The TradeMark Africa (TMA) programme supports government and private media to help the community’s smallest and economically least developed state align its business thinking and practice with those of the other four members and to take advantage of some of the innovations at home aimed at making Burundi more EAC-competitive.

“The media has a key role to play in disseminating knowledge about our EAC membership,” said Burundi’s MEAC minister, Hafsa Mossi. “The private media is doing an excellent job in informing the people and we are grateful to TradeMark Africa (TMA) for backing it.”

The TradeMark Africa (TMA) programme is part of a broad engagement with civil society and the government to shine the light of EAC business opportunities in all four corners of Burundi through seminars and debates and, above all, the media.

One of these is the establishment of the OBR itself to sweep away a creaking, muddled and arbitrary tax system and to put real revenue in government coffers to fund schools, hospitals and dams and to create opportunities for start-up businesses.

OBR has doubled state revenues in two years and is part of a government drive to rationalize and standardize the whole business of taxation, which, until OBR’s creation, was a haphazard affair.

Another RPA broadcast highlighted the plight of traders at the distant lakeside port of Rumonge, a gateway to Tanzania and the Democratic Republic of Congo.

They complained that there was no OBR presence at the port to clear imports from their two neighbours, so traders had to come all the way to Bujumbura (65 Km) to get their paperwork cleared, then return to the port to unload and start selling their goods. The cost of the journey in time and money raised the price of every item.
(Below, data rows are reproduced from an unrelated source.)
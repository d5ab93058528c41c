//! The text of a generated program.

ghost use Rattle.std.specs.Prelude.{◌≡◌, ◌<◌, ◌≤◌, ◌++◌, codes, length, IfOk, OnOk};
ghost use Rattle.std.specs.Fmt.{decimal};
ghost use Rattle.program_gen.specs.Generated as program;
ghost use Rattle.program_gen.specs.Generated.{first_value, next_value, values, step_line, steps, generated};

use cal_terms::NoMemory;
use itoa::Buffer;
use std::alloc::Global;

/// The lines behind the steps.
const TAIL: &[u8] = b"int s = 0;
for (int i = 0; i < 256; i += 1) { s += a[i]; }
print(\"sum\", s, \"total\", t, \"first\", a[0]);
}
";

/// Appends a number in decimal digits.
fn push_number(text: &mut Vec<u8>, n: u64) -> Result<(), NoMemory>
    ensures { OnOk result (text.new.items ≡ text.old.items ++ decimal n) }
{
    let mut buffer = Buffer::new();
    text.extend_from_slice(buffer.format(n).as_bytes())?;
    Ok(())
}

/// What word i of the array holds at first.
fn first(number: u32, i: u32) -> u64
    requires { i < 256 }
    ensures { result ≡ first_value number i }
{
    u64::from(number) * (u64::from(i) + 1) % 1009
}

/// Appends the first value of word i behind another one.
fn push_next(text: &mut Vec<u8>, number: u32, i: u32) -> Result<(), NoMemory>
    requires { i < 256 }
    ensures { OnOk result (text.new.items ≡ text.old.items ++ next_value number i) }
{
    text.extend_from_slice(b", ")?;
    push_number(text, first(number, i))
}

/// Appends the first values of all words.
fn push_values(text: &mut Vec<u8>, number: u32) -> Result<(), NoMemory>
    ensures { OnOk result (text.new.items ≡ text.old.items ++ values number) }
{
    push_number(text, first(number, 0))?;
    for i in 1..256 {
        push_next(text, number, i)?;
    }
    Ok(())
}

/// How far from its own word a routine of step j reads.
fn distance(number: u32, j: u32) -> u64
    ensures { result ≡ program.distance number j }
{
    (u64::from(number) + 31 * u64::from(j)) % 256
}

/// What a routine of step j adds to the word that it read.
fn addend(number: u32, j: u32) -> u64
    ensures { result ≡ program.addend number j }
{
    (u64::from(number) + u64::from(j)) % 10
}

/// Appends the line of step j.
fn push_step(text: &mut Vec<u8>, number: u32, j: u32) -> Result<(), NoMemory>
    ensures { OnOk result (text.new.items ≡ text.old.items ++ step_line number j) }
{
    text.extend_from_slice(b"parbegin routine[256](int w, int id) { a[id] = a[(id + ")?;
    push_number(text, distance(number, j))?;
    text.extend_from_slice(b") % 256] + ")?;
    push_number(text, addend(number, j))?;
    text.extend_from_slice(b"; t += a[id]; } parend;\n")?;
    Ok(())
}

/// Appends the lines of all steps.
fn push_steps(text: &mut Vec<u8>, number: u32, size: u32) -> Result<(), NoMemory>
    ensures { OnOk result (text.new.items ≡ text.old.items ++ steps number size) }
{
    for j in 0..size {
        push_step(text, number, j + 1)?;
    }
    Ok(())
}

/// The program of this number with `size` steps. Its text is told in `docs/FORMATS.md`. With 4,096 steps at most it is no longer than a
/// program may be.
pub fn generate(alloc: Global, number: u32, size: u32) -> Result<Vec<u8>, NoMemory>
    ensures text { IfOk result (λ text. text.items ≡ generated number size) }
    ensures fits { size ≤ 4096 → IfOk result (λ text. length text.items ≤ 1048576) }
{
    let mut text = Vec::new(alloc);
    text.extend_from_slice(b"shared {\nint a[256] = {")?;
    push_values(&mut text, number)?;
    text.extend_from_slice(b"};\ntally int t;\n}\nmain {\n")?;
    push_steps(&mut text, number, size)?;
    text.extend_from_slice(TAIL)?;
    Ok(text)
}
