// Token records as structs: their fields go into number slices, which the calls work on, and back.
#![tactic(auto)]

ghost use Rattle.std.specs.Prelude.{◌≡◌, ◌++◌, ◌≤◌, length, take, drop};
ghost use Rattle.records.specs.Fields.{kinds_of, numbers_of, places_of, records_from};

// A token: its kind, the number that it carries, and where its key stands in the key bytes.
#[repr(C)]
#[derive(Clone, Copy)]
pub struct TokenRecord {
    pub kind: u8,
    pub number: u64,
    pub place: u32,
}

// The fields of the first n records go to the front of the slices; what lies beyond n is kept.
pub fn load(
    records: &[TokenRecord],
    n: usize,
    kinds: &mut [u8],
    numbers: &mut [u64],
    places: &mut [u32],
)
    requires { (n ≤ length records.now) × (n ≤ length kinds.old) × (n ≤ length numbers.old) × (n ≤ length places.old) }
    ensures { (kinds.new ≡ take n (kinds_of records.now) ++ drop n kinds.old)
        × (numbers.new ≡ take n (numbers_of records.now) ++ drop n numbers.old)
        × (places.new ≡ take n (places_of records.now) ++ drop n places.old) }
{
    for (i, record) in records[..n].iter().enumerate() {
        kinds[i] = record.kind;
        numbers[i] = record.number;
        places[i] = record.place;
    }
}

// The first n records are made of the slices; the records beyond n are kept.
pub fn store(records: &mut [TokenRecord], n: usize, kinds: &[u8], numbers: &[u64], places: &[u32])
    requires { (n ≤ length records.old) × (n ≤ length kinds.now) × (n ≤ length numbers.now) × (n ≤ length places.now) }
    ensures { records.new ≡ take n (records_from kinds.now numbers.now places.now) ++ drop n records.old }
{
    for (k, record) in records[..n].iter_mut().enumerate() {
        // field by field, so that the bytes between the fields are kept
        record.kind = kinds[k];
        record.number = numbers[k];
        record.place = places[k];
    }
}
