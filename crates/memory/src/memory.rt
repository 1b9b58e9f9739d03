// The interface of a memory.
ghost use Rattle.std.specs.Prelude.{◌≡◌, List, []};
ghost use Rattle.memory.specs.Held.{Loan};
ghost use Rattle.memory.specs.Image.{Image, Level, size_of, word_at};
ghost use Rattle.memory.specs.Refusals.{within};
ghost use Rattle.memory.specs.Calls.{Done, Leaves, answer_of};
ghost use Rattle.memory.specs.declared.calls.Call.TheVariants.{Load, Store, Flush, Evict, Cut};
ghost use Rattle.memory.specs.declared.calls.Call.{Call as AnyCall};

use crate::calls::Call;
use crate::refusals::MemoryFault;

pub trait Memory {
    // The working and the lasting words.
    ghost image: { Self → Image };

    // What a granted call of this memory does to the words, where it is less free than the rules.
    ghost exact: { AnyCall → Image → Image → Type 0 };

    // The tables that are lent to it. No call exchanges one for another, or changes a word of one that is no part of
    // the memory, so a caller knows its tables again when the loan ends. Each call says so in a clause of its own,
    // since an invariant of a type cannot compare a value before a call and after it.
    ghost held: { Self → List Loan } = { λ _. [] };

    // The number of places, which never changes.
    fn size(&self) -> usize
        ensures { result ≡ size_of (image self.now) };

    // Working word p. Like each call it says its own answer, and what is the same in several is one word, `within`.
    fn load(&mut self, p: usize) -> Result<u32, MemoryFault>
        ensures answer { result ≡ within (size_of (image self.old)) p (word_at (image self.old).working p) }
        ensures words { Leaves exact (Load p) (image self.old) result (image self.new) }
        ensures held { held self.new ≡ held self.old };

    // Makes working word p equal v.
    fn store(&mut self, p: usize, v: u32) -> Result<(), MemoryFault>
        ensures answer { result ≡ within (size_of (image self.old)) p tt }
        ensures words { Leaves exact (Store p v) (image self.old) result (image self.new) }
        ensures held { held self.new ≡ held self.old };

    // Makes lasting word p equal working word p.
    fn flush(&mut self, p: usize) -> Result<(), MemoryFault>
        ensures answer { result ≡ within (size_of (image self.old)) p tt }
        ensures words { Leaves exact (Flush p) (image self.old) result (image self.new) }
        ensures held { held self.new ≡ held self.old };

    // Lets lasting words drift.
    fn evict(&mut self, p: usize) -> Result<(), MemoryFault>
        ensures answer { result ≡ within (size_of (image self.old)) p tt }
        ensures words { Leaves exact (Evict p) (image self.old) result (image self.new) }
        ensures held { held self.new ≡ held self.old };

    // The power fails and comes back: the working words are what lasted.
    fn cut(&mut self)
        ensures words { Done exact Cut (image self.old) (image self.new) }
        ensures held { held self.new ≡ held self.old };

    // There are as many lasting words as working ones.
    ghost level: { (m : Self) → Level (image m) };
}

// Makes one call: a load answers its word, the others nothing.
// A call is a value, which a script holds and prints, so there is a match here: a closure could only be called.
pub fn perform<M: Memory>(memory: &mut M, call: Call) -> Result<Option<u32>, MemoryFault>
    ensures answer { result ≡ answer_of call (M.image memory.old) }
    ensures words { Leaves M.exact call (M.image memory.old) result (M.image memory.new) }
    ensures size { size_of (M.image memory.new) ≡ size_of (M.image memory.old) }
    ensures held { M.held memory.new ≡ M.held memory.old }
{
    match call {
        Call::Load(p) => memory.load(p).map(Some),
        Call::Store(p, v) => memory.store(p, v).map(|()| None),
        Call::Flush(p) => memory.flush(p).map(|()| None),
        Call::Evict(p) => memory.evict(p).map(|()| None),
        Call::Cut => {
            memory.cut();
            Ok(None)
        }
    }
}
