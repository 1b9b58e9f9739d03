// The calls that touch a memory's words, as values.

#[derive(Clone, Copy, PartialEq, Eq, Debug)]
pub enum Call {
    Load(usize),
    Store(usize, u32),
    Flush(usize),
    Evict(usize),
    Cut,
}
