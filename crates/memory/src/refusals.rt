// Refusals: a refusal tells its number, the layer that found it, and a place.
// A fault of an upper layer holds the lower one whole, and tells what that one tells.
ghost use Rattle.std.specs.Prelude.{◌≡◌, Some};
ghost use Rattle.memory.specs.Refusals.{tells, layer_text, refusal_text};

use std::error::Error;
use std::fmt;

// The layer that finds a refusal.
#[derive(Clone, Copy, PartialEq, Eq, Debug)]
pub enum Layer {
    Memory,
    Log,
    Engine,
}

impl fmt::Display for Layer {
    ghost output = { λ l. Some (layer_text l) };

    fn fmt<W: fmt::Write>(&self, f: &mut fmt::Formatter<W>) -> fmt::Result {
        f.write_str(match self {
            Layer::Memory => "memory",
            Layer::Log => "log",
            Layer::Engine => "engine",
        })
    }
}

// What every refusal tells, whatever its layer.
#[derive(Clone, Copy, PartialEq, Eq, Debug)]
pub struct Refusal {
    // A number and no enum, since the rules name refusals by their numbers.
    pub number: u32,
    pub layer: Layer,
    pub place: usize,
}

impl fmt::Display for Refusal {
    ghost output = { λ x. Some (refusal_text x) };

    fn fmt<W: fmt::Write>(&self, f: &mut fmt::Formatter<W>) -> fmt::Result {
        write!(f, "refused {} {} {}", self.number, self.layer, self.place)
    }
}

// The memory's one refusal: the place is at or past the size.
#[derive(Clone, Copy, PartialEq, Eq, Debug)]
pub struct MemoryFault {
    pub place: usize,
}

impl MemoryFault {
    // `From` of a borrowed fault. It stays as a public promise.
    pub fn refusal(&self) -> Refusal
        ensures { result ≡ tells self.now }
    {
        Refusal::from(*self)
    }
}

impl From<MemoryFault> for Refusal {
    ghost from_gives = { λ fault refusal. refusal ≡ tells fault };

    fn from(fault: MemoryFault) -> Refusal {
        Refusal {
            number: 13,
            layer: Layer::Memory,
            place: fault.place,
        }
    }
}

// By hand, since a derived `Display` of an error has no contract.
impl fmt::Display for MemoryFault {
    ghost output = { λ x. Some (refusal_text (tells x)) };

    fn fmt<W: fmt::Write>(&self, f: &mut fmt::Formatter<W>) -> fmt::Result {
        self.refusal().fmt(f)
    }
}

impl Error for MemoryFault {}
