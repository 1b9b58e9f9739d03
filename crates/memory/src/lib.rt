// Memories as the layers above see them: the interface, its calls and its refusals.
#![tactic(auto)]

pub mod calls;
pub mod memory;
pub mod refusals;
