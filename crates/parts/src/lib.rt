// A buffer made of parts of one length, each written by a rule of its own: the loop stands here once, and the rule is its
// caller's closure.

#![tactic(auto)]

ghost use Rattle.std.specs.Prelude.{◌≡◌, List, ℕ, ◌*◌, ◌<◌, length};
ghost use Rattle.lists.specs.Tabulation.{chunks};

// The n parts of out, of len bytes each, one after another: fill is lent part p and writes it.
pub fn in_parts<F: Fn(usize, &mut [u8])>(out: &mut [u8], len: usize, n: usize, fill: F)
    requires called { (p : ℕ) (part : _) → p < n → length part.now ≡ len → F.pre fill p part }
    requires room { length out.old ≡ n * len }
    ensures { (g : ℕ → List ℕ) → ((p : ℕ) (part left : _) → p < n → length part.now ≡ len → F.post fill p part tt left → left.now ≡ g p)
        → out.new ≡ chunks n g }
{
    // By place: after chunks_exact_mut a proof knows the parts' lengths and not their bytes.
    let mut at: usize = 0;
    for p in 0..n {
        let to = at + len;
        fill(p, &mut out[at..to]);
        at = to;
    }
}
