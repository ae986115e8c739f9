//! Why a node got no frames, by the script and by the plan of a run, in words.
ghost use Rattle.std.specs.Prelude.{◌≡◌, ◌++◌, option_copied, OnOk};
ghost use Rattle.fault_messages.specs.InactiveNodes.{is_of, is_ever_active, last_epoch, is_lost, has_lost};
ghost use Rattle.fault_messages.specs.InactiveNodes.{undrained_said, cycleless_said, drain_part, inactive_said};
ghost use Rattle.fault_messages.specs.InactiveNodes.{driver_said, left_part, groups_part, help_part, run_cause};

use crate::node_names::put_node_between;
use crate::putting::put_both;
use crate::script_lines::has_cycles;
use graph_script::Line;
use pw_graph::{DUMMY, Epoch, LineOutcome, LinkLine, Shape};
use pw_lists::{Memory, Text};

// Whether a node is active in the cycles of a shape.
fn is_of(shape: &Shape, node: u32) -> bool
    ensures { result ≡ is_of shape.now node }
{
    shape
        .nodes
        .as_slice()
        .iter()
        .any(|active| active.node == node)
}

/// Whether a node is active in an epoch. Cost: one look at each active node of each epoch.
pub fn is_ever_active(epochs: &[Epoch], node: u32) -> bool
    ensures { result ≡ is_ever_active epochs.now node }
{
    epochs.iter().any(|epoch| is_of(&epoch.shape, node))
}

// The last epoch, if there is one.
fn last_epoch(epochs: &[Epoch]) -> Option<&Epoch>
    ensures { option_copied result ≡ last_epoch epochs.now }
{
    epochs.last()
}

// Whether a link was asked for and is not there.
fn is_lost(outcome: LineOutcome) -> bool
    ensures { result ≡ is_lost outcome }
{
    match outcome {
        LineOutcome::NoFormat { .. } | LineOutcome::NoBuffers | LineOutcome::Looped => true,
        LineOutcome::Linked { .. }
        | LineOutcome::Twice
        | LineOutcome::Gone
        | LineOutcome::NotThere => false,
    }
}

fn has_lost(links: &[LinkLine]) -> bool
    ensures { result ≡ has_lost links.now }
{
    links.iter().any(|link| is_lost(link.outcome))
}

fn undrained_said(lines: &[Line]) -> &'static [u8]
    ensures { result.now ≡ undrained_said lines.now }
{
    if has_cycles(lines) {
        b""
    } else {
        b": drain goes on only while an active source has frames left, cycles N in any case"
    }
}

// That there was no cycle.
#[tactic(auto, unfolding(crate::specs::InactiveNodes::cycleless_said))]
fn put_cycleless(text: &mut Text, lines: &[Line]) -> Result<(), Memory>
    ensures { OnOk result (text.new ≡ text.old ++ cycleless_said lines.now) }
{
    put_both(text, b": no cycle was run", undrained_said(lines))
}

/// What is known of `drain`, where there is no `cycles` line.
pub fn drain_part(lines: &[Line]) -> &'static [u8]
    ensures { result.now ≡ drain_part lines.now }
{
    if has_cycles(lines) {
        b""
    } else {
        b"; drain goes on only while an active source has frames left"
    }
}

/// That a node was in no cycle since it got its format, and these words on `drain`.
#[tactic(auto, unfolding(crate::specs::InactiveNodes::inactive_said))]
pub fn put_inactive(text: &mut Text, drain: &[u8]) -> Result<(), Memory>
    ensures { OnOk result (text.new ≡ text.old ++ inactive_said drain.now) }
{
    put_both(
        text,
        b": it was active in no cycle since it got its format",
        drain,
    )
}

// Which node drove the last cycle, without the node that is spoken of.
#[tactic(auto, unfolding(crate::specs::InactiveNodes::driver_said))]
fn put_driver(text: &mut Text, names: &[Text], driver: u32) -> Result<(), Memory>
    ensures { OnOk result (text.new ≡ text.old ++ driver_said names.now driver) }
{
    put_node_between(
        text,
        b"; in the last cycle ",
        names,
        driver,
        b" drove, and no links of nodes that were on joined the two",
    )
}

// Why a node was not in the last cycle; nothing where it was.
fn put_left(text: &mut Text, names: &[Text], shape: &Shape, node: u32) -> Result<(), Memory>
    ensures { OnOk result (text.new ≡ text.old ++ left_part names.now shape.now node) }
{
    if is_of(shape, node) {
        Ok(())
    } else if shape.driver == DUMMY {
        text.extend(b"; in the last cycle it had no link whose nodes were both on")
    } else {
        put_driver(text, names, shape.driver)
    }
}

// What is known of `groups`, where another node drove the last cycle.
fn groups_part(shape: &Shape, node: u32) -> &'static [u8]
    ensures { result.now ≡ groups_part shape.now node }
{
    if is_of(shape, node) || shape.driver == DUMMY {
        b""
    } else {
        b"; where no line links the two, groups gives each a driver"
    }
}

// What may help: these words where all links were made.
fn put_help(text: &mut Text, links: &[LinkLine], groups: &[u8]) -> Result<(), Memory>
    ensures { OnOk result (text.new ≡ text.old ++ help_part links.now groups.now) }
{
    if has_lost(links) {
        text.extend(b"; not every link of the script was made")
    } else {
        text.extend(groups)
    }
}

// The same, by the last epoch, if there is one.
fn put_last_cause(
    text: &mut Text,
    names: &[Text],
    lines: &[Line],
    links: &[LinkLine],
    node: u32,
    last: Option<&Epoch>,
) -> Result<(), Memory>
    ensures { OnOk result (text.new ≡ text.old
        ++ run_cause names.now lines.now links.now node (option_copied last.entry)) }
{
    match last {
        None => {
            put_cycleless(text, lines)?;
            put_help(text, links, b"")
        }
        Some(epoch) => {
            put_inactive(text, drain_part(lines))?;
            put_left(text, names, &epoch.shape, node)?;
            put_help(text, links, groups_part(&epoch.shape, node))
        }
    }
}

/// Why a node got no frames in a run, by the names of the nodes, the lines of the script, what its
/// links became, and the epochs.
pub fn put_run_cause(
    text: &mut Text,
    names: &[Text],
    lines: &[Line],
    links: &[LinkLine],
    node: u32,
    epochs: &[Epoch],
) -> Result<(), Memory>
    ensures { OnOk result (text.new ≡ text.old
        ++ run_cause names.now lines.now links.now node (last_epoch epochs.now)) }
{
    put_last_cause(text, names, lines, links, node, last_epoch(epochs))
}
The result? OBR opened an office in Rumonge so goods can be cleared when they land and people can buy them locally.

“We are tracking the results of the broadcasts and media interventions and can see that they are having concrete results everywhere they are followed, and followed up. People tell us we are changing their lives for the better, and that is what it is all about,” said Anthe Vrijlandt, TradeMark Africa (TMA)’s Burundi Country Director.